I want to distribute shapes (circles / rectangles / hexagons) on a curved surface and then use those shapes to make holes in the surface. The holes should keep the same shape as the distributed geometry.
In the attached image, the blue rectangles show the curved areas where I want to place the holes.
I’m having trouble mainly with:
Distributing the shapes correctly on the curved surface
Keeping the shape after mapping (especially hexagons)
Turning the shapes into clean holes
I attached my Grasshopper file and the reference image.
Any help or advice would be really appreciated.
Thanks!
I opened your file but it won’t show everything as you are using plugins I don’t have installed. It might help if you either add the plugin name(s) to the topic title tags for others to notice or share the internalized surface, and the shapes you have mapped, or want to map, in a file by themselves, so others without the plugin can take a look
Yes, you’re right — I’m using some plugins.

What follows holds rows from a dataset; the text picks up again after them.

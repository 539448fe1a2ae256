// What the link makes of a stream.
use crate::case::source_of;
use answers::log;
use std::io;
use stream_vectors::captures::board_of;
use stream_vectors::outside_pages::{Expanded, report_parts};

// The answer of every pull, then the rows of the board, which is pulled over the read-ahead.
pub fn print_capture(rt: &HostRuntime, capture: &[u8]) -> io::Result<()> {
    let answers = log(rt.alloc(), capture)?;
    let rows = board_of(rt.alloc(), capture)?;
    print!(rt; "\n{answers}{rows}")
}

// A line for each report of type 57h. The reports are surveys in an expanded form, which is of no kind here: each
// is delivered whole, with reading 16.
pub fn print_reports(rt: &HostRuntime, stream: &[u8]) -> io::Result<()> {
    println!(rt)?;
    let answers = log(rt.alloc(), stream)?;
    for answer in answers.as_str().lines() {
        if let Some((reading, body)) = report_parts(answer) {
            print_report(rt, reading, body)?;
        }
    }
    Ok(())
}

// The reading, the receive time, the number of satellites and their PRNs.
fn print_report(rt: &HostRuntime, reading: &str, body: &str) -> io::Result<()> {
    let body = source_of(rt.alloc(), body)?;
    match Expanded::of(body.as_slice()) {
        Some(report) => println!(rt; "{reading} {report}"),
        None => rt.println("no head"),
    }
}
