// Prints each case on standard input with what the code makes of it.
//
// A case is a line: a word for what is asked, numbers, and bytes; docs/FORMAT.md has the words. A line that is
// empty or begins with # is copied.
#![tactic(auto)]

mod case;
mod parts;
mod ranked;
mod streams;

use case::{Case, low_byte, read_case, scheme_of, source_of};
use packet::read::read;
use record_vectors::report_texts::{HeaderText, kind_name, report_reading};
use records::{position, survey};
use std::fmt::Display;
use std::io;
use stream_vectors::packet_text::PacketText;
use stream_vectors::rank_cases::DoubleText;
use stream_vectors::writer_cases::{packet_written, pages_written};
use vectors::refusals::Reading;
use vectors::words::is_remark;
use worked::worked_cases_hold;

fn main(rt: HostRuntime) -> io::Result<()> {
    let _ = worked_cases_hold();
    for line in rt.lines(rt.alloc()) {
        let line = line?;
        print_line(&rt, line.as_str())?;
    }
    Ok(())
}

fn print_line(rt: &HostRuntime, line: &str) -> io::Result<()> {
    if is_remark(line) {
        return rt.println(line);
    }
    let Some(case) = read_case(line) else {
        return rt.println("no case");
    };
    let bytes = source_of(rt.alloc(), case.bytes)?;
    let shown = case.shown;
    print!(rt; "{shown} =>")?;
    print_answer(rt, case, bytes.as_slice())
}

// An answer, behind a space.
fn tell<T: Display + Drop>(rt: &HostRuntime, answer: T) -> io::Result<()> {
    println!(rt; " {answer}")
}

// What is asked is a word of the case: a match, since each word takes other numbers.
fn print_answer(rt: &HostRuntime, case: Case<'_>, bytes: &[u8]) -> io::Result<()> {
    let heap = rt.alloc();
    let [first, second, third] = case.numbers;
    let (low, scheme) = (low_byte(first), scheme_of(first));
    match case.asked {
        "position" => tell(rt, Reading(position::check(bytes))),
        "survey" => tell(rt, Reading(survey::check(bytes, low))),
        "application" => tell(rt, Reading(application::check(bytes))),
        "kind" => tell(rt, kind_name(scheme, second)),
        "report" => tell(rt, Reading(report_reading(scheme, second, bytes))),
        "header" => tell(rt, HeaderText(scheme.read(bytes))),
        "packet" => tell(rt, PacketText(read(bytes))),
        "double" => print_double(rt, bytes),
        "satellites" => parts::print_satellites(rt, low, bytes),
        "records" => parts::print_records(rt, bytes),
        "rank" => ranked::print(rt, first, low_byte(second), bytes),
        "signals" => ranked::print_with_time(rt, low, bytes),
        "write-packet" => tell(
            rt,
            packet_written(heap, third, low, low_byte(second), bytes)?,
        ),
        "write-pages" => tell(rt, pages_written(heap, third, scheme, second, bytes)?),
        "capture" => streams::print_capture(rt, bytes),
        "stream" => streams::print_reports(rt, bytes),
        _ => rt.println(" nothing that is known"),
    }
}

// The rank key and the thousandths.
fn print_double(rt: &HostRuntime, bytes: &[u8]) -> io::Result<()> {
    let Ok(bytes) = <[u8; 8]>::try_from(bytes) else {
        return rt.println(" no double");
    };
    tell(rt, DoubleText(u64::from_be_bytes(bytes)))
}
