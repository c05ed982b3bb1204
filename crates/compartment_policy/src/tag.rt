//! The tags of the policy of compartments.

ghost use Rattle.std.specs.Prelude.{◌≡◌};

use policy_trait::CompartmentSet;
use pump_words::Same;

/// A tag of the policy of compartments, which are numbered from 0.
#[derive(Clone, Copy, PartialEq, Eq, PartialOrd, Ord, Hash)]
pub enum CompartmentTag {
    /// The plain tag, that of each register.
    Plain,
    /// The tag of the pc.
    Pc {
        /// Whether the last instruction was a JAL or a JALR.
        jumped: bool,
        /// The compartment that owns the last instruction's word.
        owner: u32,
    },
    /// The tag of a memory word.
    Place {
        /// The compartment that owns the word.
        owner: u32,
        /// The compartments that may jump to the word.
        into: CompartmentSet,
        /// The compartments that may write the word.
        write: CompartmentSet,
    },
}

impl CompartmentTag {
    /// The same tag, its sets copied by their halves (`CompartmentSet::copied`).
    #[inline]
    pub fn copied(&self) -> CompartmentTag
        ensures { result ≡ self.now }
    {
        match self {
            CompartmentTag::Plain => CompartmentTag::Plain,
            CompartmentTag::Pc { jumped, owner } => CompartmentTag::Pc {
                jumped: *jumped,
                owner: *owner,
            },
            CompartmentTag::Place { owner, into, write } => CompartmentTag::Place {
                owner: *owner,
                into: into.copied(),
                write: write.copied(),
            },
        }
    }
}

impl Same for CompartmentTag {
    ghost use Rattle.std.proofs.Common.{rules};

    ghost same = { Prim.search rules };
}
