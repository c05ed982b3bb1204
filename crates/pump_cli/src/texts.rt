//! The texts of what is wrong with a file.

ghost use Rattle.std.specs.Prelude.{◌≡◌, ◌+◌, ◌≤◌, ◌++◌};
ghost use Rattle.arrayvec.specs.ArrayVec.{array_vec_len};
ghost use Rattle.pump_cli.specs.Texts.{elf_error_text, image_error_text, kind_text, source_error_text, tags_error_text};

use asm_read::{AsmError, AsmErrorKind};
use elf_image::{ElfError, TagsError};
use image_format::ImageError;
use pump_words::{Line, write_text};
use tag_text::write_number;

/// Appends why bytes are no image.
pub(crate) fn write_image_error(line: &mut Line, error: ImageError)
    requires { array_vec_len line.old + 60 ≤ 512 }
    ensures text { line.new.items ≡ line.old.items ++ image_error_text error }
    ensures short { array_vec_len line.new ≤ array_vec_len line.old + 60 }
{
    match error {
        ImageError::Magic => write_text(line, b"magic"),
        ImageError::Version(version) => write_number(line, b"version ", u64::from(version)),
        ImageError::Short(length) => write_number(line, b"short at ", length as u64),
        ImageError::Field(number, offset) => {
            write_number(line, b"field ", u64::from(number));
            write_number(line, b" at ", offset as u64);
        }
        ImageError::Order(list, row) => {
            write_number(line, b"order ", u64::from(list));
            write_number(line, b" row ", u64::from(row));
        }
        ImageError::Trailing(offset) => write_number(line, b"trailing at ", offset as u64),
    }
}

/// Appends why bytes are no tag file.
pub(crate) fn write_tags_error(line: &mut Line, error: TagsError)
    requires { array_vec_len line.old + 60 ≤ 512 }
    ensures text { line.new.items ≡ line.old.items ++ tags_error_text error }
    ensures short { array_vec_len line.new ≤ array_vec_len line.old + 60 }
{
    match error {
        TagsError::Image(error) => write_image_error(line, error),
        TagsError::Lists => write_text(line, b"lists"),
        TagsError::Entry => write_text(line, b"entry"),
    }
}

/// Appends why an ELF file isn't loaded.
pub(crate) fn write_elf_error(line: &mut Line, error: ElfError)
    requires { array_vec_len line.old + 60 ≤ 512 }
    ensures text { line.new.items ≡ line.old.items ++ elf_error_text error }
    ensures short { array_vec_len line.new ≤ array_vec_len line.old + 60 }
{
    match error {
        ElfError::Short => write_text(line, b"short"),
        ElfError::Ident => write_text(line, b"ident"),
        ElfError::NotExec => write_text(line, b"notexec"),
        ElfError::Machine => write_text(line, b"machine"),
        ElfError::Compressed => write_text(line, b"compressed"),
        ElfError::Headers => write_text(line, b"headers"),
        ElfError::Segment(row) => write_number(line, b"segment ", u64::from(row)),
        ElfError::Overlap(row) => write_number(line, b"overlap ", u64::from(row)),
        ElfError::Entry => write_text(line, b"entry"),
    }
}

/// Appends the first error of a source.
pub(crate) fn write_source_error(line: &mut Line, error: AsmError)
    requires { array_vec_len line.old + 60 ≤ 512 }
    ensures text { line.new.items ≡ line.old.items ++ source_error_text error }
    ensures short { array_vec_len line.new ≤ array_vec_len line.old + 60 }
{
    write_number(line, b"line ", error.line);
    write_text(line, b" ");
    write_kind(line, error.kind);
}

/// Appends what is wrong with a line of source.
fn write_kind(line: &mut Line, kind: AsmErrorKind)
    requires { array_vec_len line.old + 10 ≤ 512 }
    ensures text { line.new.items ≡ line.old.items ++ kind_text kind }
    ensures short { array_vec_len line.new ≤ array_vec_len line.old + 10 }
{
    match kind {
        AsmErrorKind::Byte => write_text(line, b"byte"),
        AsmErrorKind::Mnemonic => write_text(line, b"mnemonic"),
        AsmErrorKind::Directive => write_text(line, b"directive"),
        AsmErrorKind::Operand => write_text(line, b"operand"),
        AsmErrorKind::Register => write_text(line, b"register"),
        AsmErrorKind::Number => write_text(line, b"number"),
        AsmErrorKind::Duplicate => write_text(line, b"duplicate"),
        AsmErrorKind::Order => write_text(line, b"order"),
        AsmErrorKind::Range => write_text(line, b"range"),
        AsmErrorKind::NoName => write_text(line, b"noname"),
    }
}
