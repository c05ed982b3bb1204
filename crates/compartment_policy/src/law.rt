//! Laws of compartments.

ghost use Rattle.std.specs.Prelude.{◌≡◌};
ghost use Rattle.policy_trait.specs.Uses.{UsesExactly};
ghost use Rattle.compartment_policy.specs.Compartments.{CompartmentState, HasFittingNumbers, compartment_text, compartments};
ghost use Rattle.compartment_policy.specs.declared.tag.CompartmentTag.{CompartmentTag};

/// However many compartments there are and may be, a rule uses exactly the inputs that its mask does not ignore: an ignored
/// one changes no answer, and each other one changes some.
pub fn ignores_law()
    ensures { (state : CompartmentState) → UsesExactly compartments state }
{}

/// Two tags of one text are one, where their numbers fit: an owner in 32 bits, a set in 128.
pub fn text_law()
    ensures { (left right : CompartmentTag) → HasFittingNumbers left → HasFittingNumbers right
        → compartment_text left ≡ compartment_text right → left ≡ right }
{}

I’ve attached screenshots of the Grasshopper definition showing the components I used, and I’m also attaching the geometry exported from Rhino (.dm) so it can be opened without the plugins.
The file includes:
The base curved surface
Hopefully this makes it easier to understand the setup even without the plugins.
Thanks again for your help
I understand the TriRemesh + TangentCircles approach, but it’s not exactly what I’m looking for. I need to make real holes in the geometry (not just circles on the surface), and I want to use different shapes like rectangles and hexagons, not only circles. Also, I need to avoid overlaps.
Do you have any suggestion on how to adapt this workflow, or a different approach that works with non-circular shapes and creates actual holes?